Your goal.
Search the entries below. Return every line that has "listing" in it.
··· Records shown
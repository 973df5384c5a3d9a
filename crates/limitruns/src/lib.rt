// Computed runs up to the limits of the mapping: definitions and laws, no code.
#![tactic(auto)]
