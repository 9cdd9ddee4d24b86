// Prints the listing of the schedule that standard input holds.
#![tactic(auto)]

use console::Failure;
use format::Schedule;

fn main(rt: HostRuntime) -> Result<(), Failure> {
    if console::has_arguments(&rt, "rehearse") {
        return Ok(());
    }
    // One byte more than a schedule may have, so that 20 can be told.
    let mut schedule = [0u8; Schedule::MOST + 1];
    let n = console::read(&rt, &mut schedule)?;
    let mut answers = [0u8; Schedule::MOST];
    let mut text = [0u8; listing::MOST];
    let end = listing::list(&schedule[..n], &mut answers, &mut text);
    console::write(&rt, &text[..end])
}
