// The published short messages of SHA-256 (NIST's SHA256ShortMsg, 0 to 55 bytes): each line of standard input is a
// message in hex, and a line of its digest is written for each. The file stdout beside this folder has the published
// digests.
#![tactic(auto)]

ghost use Rattle.std.specs.Prelude.{◌<◌};

use console::Failure;
use fips180::Digest;
use hex_text::Line;

// The value of a lower-case hex digit; of any other character, some number below 16.
// By hand: the library `hex` refuses such a character, and this program never did.
fn value(c: u8) -> u8
    ensures { result < 16 }
{
    if c < b'a' {
        c % 16
    } else {
        (c - b'a' + 10) % 16
    }
}

fn main(rt: HostRuntime) -> Result<(), Failure> {
    if console::has_arguments(&rt, "vectors") {
        return Ok(());
    }
    let mut lines = [0u8; 4096];
    let n = console::read(&rt, &mut lines)?;
    // Fixed memory, and no split at the newlines: a last line without one is not shown.
    let mut message = [0u8; Digest::MOST];
    let mut digits: usize = 0;
    for &c in &lines[..n] {
        let at = digits / 2;
        if c == b'\n' {
            let digest = digest::sha256(&message[..at]).unwrap();
            console::write(&rt, &Line::from(digest).text)?;
            digits = 0;
            continue;
        }
        if at < Digest::MOST {
            message[at] = message[at] % 16 * 16 + value(c);
            digits += 1;
        }
    }
    Ok(())
}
······
Task solution.
// Prints the listing of the schedule that standard input holds.
    let mut text = [0u8; listing::MOST];
    let end = listing::list(&schedule[..n], &mut answers, &mut text);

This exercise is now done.